The when Chrysler started using alternators I went to a training class about them the 12V system were negative ground.

I was recently involved in the purchase of a 1967 Kaiser Jeep M35.

It is 24V and has an alternator charging system.

Before hooking up the batteries I called several alternator repair companies and they assured me there are no positive ground alternators.

Buckisland


----------



## pogobill

I have two 6 volt tractors, an 8n positive ground and a Cockshutt negative ground!


----------



## Ed Williams

deerhide said:


> Those old Fords were neg. ground; 6volt original or 12 volt conversion. The positive cable from the battery goes to the starter. The battery polarity is checked by: positive post having a + symbol near it or coloured red, but a top post one is always larger.


----------



## Ed Williams

My 54 NAA was originally 6 volt positive ground. I changed it to negative ground with the 12 volt conversion.


----------



## Ed Williams

My 54 NAA was originally 6 volt positive ground. I changed it to negative with the 12 volt conversion.


----------



## John Liebermann

Ed Williams said:


> My 54 NAA was originally 6 volt positive ground. I changed it to negative with the 12 volt conversion.


Ford was positive ground including the 9N, 2N, 8N, cars and pickups of that era, and I think even my 860.

Since electricity actually runs from negative to positive Henry probably thought that was the correct way to wire the vehicle.
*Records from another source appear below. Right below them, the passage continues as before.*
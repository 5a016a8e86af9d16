//! Autolink literals (GFM 6.9). The states, of those with a protocol and of those from `www.` on, are those of `markdown_leaf_gfm`; the pass
//! `resolve`, which sets email literals apart, is that of `markdown_passes`.
//!
//!     gfm_autolink_literal ::= protocol_literal | www_literal | email_literal
//!
//! The modules there have the grammar of each.
//!
//! Events, each over a whole literal:
//!
//!     GfmAutolinkLiteralProtocol    from the states
//!     GfmAutolinkLiteralWww         from the states
//!     GfmAutolinkLiteralEmail       from the pass
//!     GfmAutolinkLiteralMailto      from the pass
//!     GfmAutolinkLiteralXmpp        from the pass
//!
//! Example: `http://a.b`, `www.a.b`, `a@b.c`, `mailto:a@b.c` and `xmpp:a@b.c/d`.
//!
//! Definition: in `markdown_model/specs`, `GfmAutolinkLiteral.antt` and `GfmEmailLiteral.antt`, and `with_emails_apart` of `Passes.antt` for the
//! pass.

pub use markdown_leaf_gfm::gfm_autolink_literal::{
    domain_after, domain_at_punctuation, domain_inside, path_after, path_at_punctuation,
    path_inside, protocol_after, protocol_prefix_inside, protocol_slashes_inside, protocol_start,
    trail, trail_bracket_after, trail_char_ref_inside, trail_char_ref_start, www_after,
    www_prefix_after, www_prefix_inside, www_start,
};
pub use markdown_passes::email::resolve;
General Motors was always negative ground but I think Chrysler was positive ground.

The battery itself has nothing to do with whether the vehicle is positive or negative ground. Regardless it has to be wired the way the vehicle wants it to be positive or negative ground the battery does not control it


----------



## Ed Williams

deerhide said:


> Ford, GM and Chrysler changed to 12volt in the mid fifties,the old 6 volt systems were neg. ground. Early British imported cars(to N A) were pos ground, both 12 and 6 volt, they changed to neg. ground in the 1950's too. German and French cars were neg. All the NA farm tractors I have seen , 12 and 6 volt, were/are neg.
> British, French, Spanish, Italian and Russian imported tractors(I can only remember back to the 1950's)6v and 12v. were neg. ground. However some 2nd. hand, grey market tractors, imported from the UK were pos. ground when they got here. I don't know much about lawn and garden tractors but all I have seen were neg. ground. I don't doubt there are exceptions though.


My 53 Ford NAA was positive ground from factory. Changed to negative ground with 12v conversion


----------



## Dewayne Keeton

startinghandle said:


> hello willys 55
> it is incorrect to say 12 volt systems are always negative ground


T


----------



## Dewayne Keeton

This is true and not all 6 volts are positive.


----------



## John Liebermann

Dewayne Keeton said:


> This is true and not all 6 volts are positive.


Correct, GM was 6V Neg Ground


----------



## LouNY

Interesting, I've read thru this thread a couple of times it's been in existence for a few years now,
and I'm surprised no one has mentioned checking the coil to see how it is installed.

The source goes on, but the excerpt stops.